Question

For some \(\alpha, \beta \in R\), let \(A = \begin{pmatrix} \alpha & 2 \\1 & 2 \end{pmatrix}\) and \(B = \begin{pmatrix} 1 & 1 \\ \beta & 1 \end{pmatrix}\) be such that \(A^2-4A+2I-B^2-3B+I=O\). Then \((\det(\text{adj}(A^3-B^3)))^2\) is equal to:

Hint:

When faced with a question that seems to have a typo or contradiction, it's important to show why it's flawed.
In an exam where a specific numerical answer is expected, try to deduce the simplest possible intended question that would lead to such an answer.
Working backwards from the answer is a valid strategy in these rare cases.

Answer 1

Correct Answer: 50625

Step 1: Understanding the Question:
We are given a matrix equation that relates two 2x2 matrices, A and B, which depend on parameters \(\alpha\) and \(\beta\).
Our goal is to first find \(\alpha\) and \(\beta\), then compute the matrix \(M = A^3 - B^3\), and finally calculate the value of \((\det(\text{adj}(M)))^2\).
Step 2: Key Formula or Approach:
1. Explicitly compute the matrices in the given equation \(A^2 - 4A + 3I = B^2 + 3B\).
2. Equate the elements of the resulting matrices to find \(\alpha\) and \(\beta\).
3. Use the property \(\det(\text{adj}(M)) = (\det(M))^{n-1}\), where n is the order of the square matrix M. For n=2, this simplifies to \(\det(\text{adj}(M)) = \det(M)\).
4. Therefore, the value to be found is \((\det(A^3-B^3))^2\).
Note: As will be shown, the question as stated in the OCR leads to a mathematical contradiction.
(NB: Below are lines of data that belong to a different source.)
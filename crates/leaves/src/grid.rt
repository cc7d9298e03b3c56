// The grid of 37 rows of 64 bytes: its rows are copied, put in, and put together. What does not fit is left out: a panel that
// reaches past the grid is refused in the end, and its places are never read.
ghost use Rattle.std.specs.Prelude.{◌≡◌, ℕ, ◌+◌, ◌%◌, ◌<◌, ◌≤◌, ◌↔◌, IsTrue, [], length, get_or};
ghost use Rattle.leaves.specs.Grid.{byte_at, Put, Linked};

use std::array;

#[derive(Clone, Copy)]
pub struct Grid {
    rows: [[u8; 64]; 37],
}

// From which row and column on.
#[derive(Clone, Copy)]
pub struct Corner {
    pub row: usize,
    pub col: usize,
}

// The wires in order, 0 to 63.
pub fn in_order() -> [u8; 64]
    ensures { (v : ℕ) → v < 64 → get_or result v 0 ≡ v }
{
    array::from_fn(|v| v as u8)
}

// The bytes of a row from a column on, by their place from there.
fn fill<F: Fn(usize) -> u8>(row: &mut [u8; 64], col: usize, width: usize, byte: F)
    requires within { col + width ≤ 64 }
    requires callable { (v : ℕ) → v < width → F.pre byte v }
    ensures there { (v : ℕ) → v < width → F.post byte v (get_or row.new (col + v) 0) }
    ensures beside { (j : ℕ) → j < col → get_or row.new j 0 ≡ get_or row.old j 0 }
{
    for v in 0..width {
        row[col + v] = byte(v);
    }
}

impl Corner {
    // Do so many wires from there on lie within row and grid?
    fn fits(self, width: usize) -> bool
        ensures { IsTrue result ↔ (self.row ≤ 36) × (self.col + width ≤ 64) }
    {
        self.row <= 36 && width <= 64 && self.col <= 64 - width
    }
}

impl Grid {
    pub fn zeros() -> Grid
        ensures { (i j : ℕ) → byte_at result i j ≡ 0 }
    {
        Grid {
            rows: [[0; 64]; 37],
        }
    }

    // A row of the grid, zeros where there is no such row.
    pub fn row_at(&self, row: usize) -> [u8; 64]
        ensures { row ≤ 36 → result ≡ get_or self.now.rows row [] }
    {
        self.rows.get(row).copied().unwrap_or([0; 64])
    }

    // Places that count from 0, into a row from a column on.
    pub fn put_places(&mut self, corner: Corner, places: &[u8])
        requires { (v : ℕ) → v < length places.now → get_or places.now v 0 < length places.now }
        ensures { Put corner.row corner.col places.now self.old self.new }
    {
        if corner.fits(places.len()) {
            let col = corner.col;
            fill(&mut self.rows[corner.row], col, places.len(), |v| {
                (col as u8) + places[v]
            });
        }
    }

    // The exit row of what stands before is put together with this row, its next one; where nothing stands before, the row stays.
    pub fn link(&mut self, exits: Option<[u8; 64]>, corner: Corner, width: usize)
        ensures { Linked exits corner.row corner.col width self.old self.new }
    {
        let Some(exits) = exits else {
            return;
        };
        if corner.fits(width) {
            let col = corner.col;
            let next = self.rows[corner.row];
            // an exit of a panel that fits is below 64
            fill(&mut self.rows[corner.row], col, width, |v| {
                next[(exits[col + v] % 64) as usize]
            });
        }
    }
}
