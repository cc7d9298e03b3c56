// Records without members: one cell, a named network, a cross. Each is read into the grid from a row and a column on.
#![tactic(auto)]

ghost use Rattle.std.specs.Prelude.{◌≡◌, ◌≤◌, length, drop};
ghost use Rattle.network.specs.Widths.{open_no};
ghost use Rattle.records.specs.Fields.{field};
ghost use Rattle.designs.specs.declared.Leaf.TheVariants.{Cross};
ghost use Rattle.designs.specs.Panels.{cell, named, cross};
ghost use Rattle.designs.specs.Records.{leaf_number};
ghost use Rattle.designs.specs.Leaves.{judged, cross_no, leaf_of};
ghost use Rattle.leaves.specs.Grid.{PutPanel};
ghost use Rattle.leaves.specs.Told.{judged_by, ReadInto};

pub mod grid;

use designs::{Fault, Leaf, Stretch, check_cross, judged};
use grid::{Corner, Grid, in_order};
use records::field_of_two;

#[derive(Clone, Copy)]
pub struct Size {
    pub width: usize,
    pub depth: usize,
}

// One cell: both rows in order.
fn put_cell(grid: &mut Grid, corner: Corner)
    requires { corner.row ≤ 4194240 }
    ensures { PutPanel cell corner.row corner.col grid.old grid.new }
{
    let wires = in_order();
    grid.put_places(corner, &wires[..2]);
    let exits = Corner {
        row: corner.row + 1,
        ..corner
    };
    grid.put_places(exits, &wires[..2]);
}

// The rows of a network's sheet, and its exits in order.
fn put_network(grid: &mut Grid, corner: Corner, width: u16, construction: u16)
    requires { (corner.row ≤ 4194240) × (open_no width construction ≡ 0) }
    ensures { PutPanel (named width construction) corner.row corner.col grid.old grid.new }
{
    let w = width as usize;
    let depth = network::depth_of(width, construction);
    for layer in 0..depth {
        let places = network::row(width, construction, layer);
        let below = Corner {
            row: corner.row + (layer as usize),
            ..corner
        };
        grid.put_places(below, &places[..w]);
    }
    let exits = Corner {
        row: corner.row + (depth as usize),
        ..corner
    };
    grid.put_places(exits, &in_order()[..w]);
}

fn named(inner: Stretch, grid: &mut Grid, corner: Corner) -> Result<Size, Fault>
    requires { corner.row ≤ 4194240 }
    ensures { let body = inner.entry.bytes.now in ReadInto (judged inner.entry.at (open_no (field 2 body 0) (field 2 body 2)) (named (field 2 body 0) (field 2 body 2))) corner.row corner.col grid.old grid.new (judged_by result) }
{
    let width = field_of_two(inner.bytes, 0);
    let construction = field_of_two(inner.bytes, 2);
    judged(inner.at, network::check_open(width, construction))?;
    put_network(grid, corner, width, construction);
    Ok(Size {
        width: width as usize,
        depth: network::depth_of(width, construction) as usize,
    })
}

fn cross(inner: Stretch, grid: &mut Grid, corner: Corner) -> Result<Size, Fault>
    requires { 1 ≤ length inner.bytes.now }
    ensures { let places = drop 1 inner.entry.bytes.now in ReadInto (judged inner.entry.at (cross_no places) (cross places)) corner.row corner.col grid.old grid.new (judged_by result) }
{
    let places = &inner.bytes[1..];
    judged(inner.at, check_cross(places))?;
    grid.put_places(corner, places);
    Ok(Size {
        width: places.len(),
        depth: 0,
    })
}

// A record without members, by the bytes behind its head.
#[tactic(auto, unfolding(designs::specs::Leaves::leaf_of))]
pub fn leaf(leaf: Leaf, inner: Stretch, grid: &mut Grid, corner: Corner) -> Result<Size, Fault>
    requires { (corner.row ≤ 4194240) × (leaf ≡ Cross → 1 ≤ length inner.bytes.now) }
    ensures { ReadInto (leaf_of inner.entry.at (leaf_number leaf) inner.entry.bytes.now) corner.row corner.col grid.old grid.new (judged_by result) }
{
    match leaf {
        Leaf::Cell => {
            put_cell(grid, corner);
            Ok(Size { width: 2, depth: 1 })
        }
        Leaf::Named => named(inner, grid, corner),
        Leaf::Cross => cross(inner, grid, corner),
    }
}
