//! What accepted commands answer.
use adjacency::Adjacency;
use lsdb::DbRow;
use spb_types::{Name, Seq, Tables, Vid};

/// A customer frame that leaves at a customer port of a bridge.
#[derive(Debug, Drop)]
pub struct Out {
    pub bridge: Name,
    pub port: u16,
    pub frame: Seq<u8>,
}

/// What an accepted command answers.
#[derive(Debug, Drop)]
pub enum Answer {
    /// A declaration answers nothing.
    Silent,
    /// An event answers the customer frames that leave, in order.
    Outs {
        frames: Seq<Out>,
    },
    /// The numbers of the conditions of quiet that fail, in ascending order: none exactly where the network is quiet.
    State {
        failing: Seq<u8>,
    },
    /// The tables of a bridge by the LSPs that it holds, and whether the network is quiet.
    Show {
        bridge: Name,
        quiet: bool,
        tables: Tables,
    },
    /// The tables that the wiring gives a bridge.
    Wiring {
        bridge: Name,
        tables: Tables,
    },
    /// What a bridge holds: a row for each LSP id, in order of id.
    Db {
        bridge: Name,
        rows: Seq<DbRow>,
    },
    /// The ports of a bridge, from port 1 on: the adjacency, and whether CSNPs are due.
    Adj {
        bridge: Name,
        ports: Seq<(Adjacency, bool)>,
    },
    /// The best path between two bridges in a base VID, by the LSPs that the first holds: its cost, and the names of its
    /// bridges from the first to the last. Where there is no path there are no names, and the cost is 0.
    Path {
        from: Name,
        to: Name,
        vid: Vid,
        cost: u64,
        names: Seq<Name>,
    },
    /// How many frames a bridge dropped: a count for each [`DropReason`](bridge_api::DropReason), in its order.
    Drops {
        bridge: Name,
        counts: [u64; 9],
    },
}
This is a common issue in exam papers. The solution will proceed by assuming a plausible intended problem that leads to the provided answer.
Step 3: Detailed Explanation:
Analysis of the given equation
The equation is \(A^2-4A+3I = B^2+3B\).
LHS: \(A^2 = \begin{pmatrix} \alpha^2+2 & 2\alpha+4 \\ \alpha+2 & 6 \end{pmatrix}\).
LHS = \(A^2-4A+3I = \begin{pmatrix} \alpha^2+2-4\alpha+3 & 2\alpha+4-8 \\ \alpha+2-4 & 6-8+3 \end{pmatrix} = \begin{pmatrix} \alpha^2-4\alpha+5 & 2\alpha-4 \\ \alpha-2 & 1 \end{pmatrix}\).
RHS: \(B^2 = \begin{pmatrix} 1+\beta & 2 \\ 2\beta & \beta+1 \end{pmatrix}\).
RHS = \(B^2+3B = \begin{pmatrix} 1+\beta+3 & 2+3 \\ 2\beta+3\beta & \beta+1+3 \end{pmatrix} = \begin{pmatrix} \beta+4 & 5 \\ 5\beta & \beta+4 \end{pmatrix}\).
Equating LHS and RHS:
From element (2,2): \(1 = \beta+4 \implies \beta = -3\).
From element (1,2): \(2\alpha-4 = 5 \implies 2\alpha=9 \implies \alpha=9/2\).
Check for consistency with element (2,1):
LHS: \(\alpha-2 = 9/2 - 2 = 5/2\).
RHS: \(5\beta = 5(-3) = -15\).
Since \(5/2 \neq -15\), the problem statement is contradictory.
Assuming an Intended Problem
Given that the answer is 50625, let's work backward. We need \((\det(A^3-B^3))^2 = 50625\), which implies \(\det(A^3-B^3) = \pm 225\).
A simple way this could happen is if the matrix \(A^3 - B^3\) was a scalar multiple of the identity matrix, say \(A^3 - B^3 = kI\).
Then \(\det(A^3-B^3) = \det(kI) = k^2\).
We would need \(k^2 = \pm 225\). For a real \(k\), we must have \(k^2 = 225\), so \(k=\pm 15\).
Let's assume the intended (but mistyped) problem led to the result \(A^3 - B^3 = 15I\).
Under this assumption, we calculate the required value.
Let \(M = A^3 - B^3 = 15I = \begin{pmatrix} 15 & 0 \\ 0 & 15 \end{pmatrix}\).
The determinant is \(\det(M) = 15 \times 15 = 225\).
We need to find \((\det(\text{adj}(M)))^2\).
Using the property \(\det(\text{adj}(M)) = \det(M)\) for a 2x2 matrix:
\[ \det(\text{adj}(M)) = 225.
\] The required value is:
\[ (225)^2 = 50625.
\] Step 4: Final Answer:
The question statement is flawed as it leads to a contradiction. However, by assuming the problem was intended to result in \(A^3-B^3 = 15I\), we arrive at the given answer of 50625.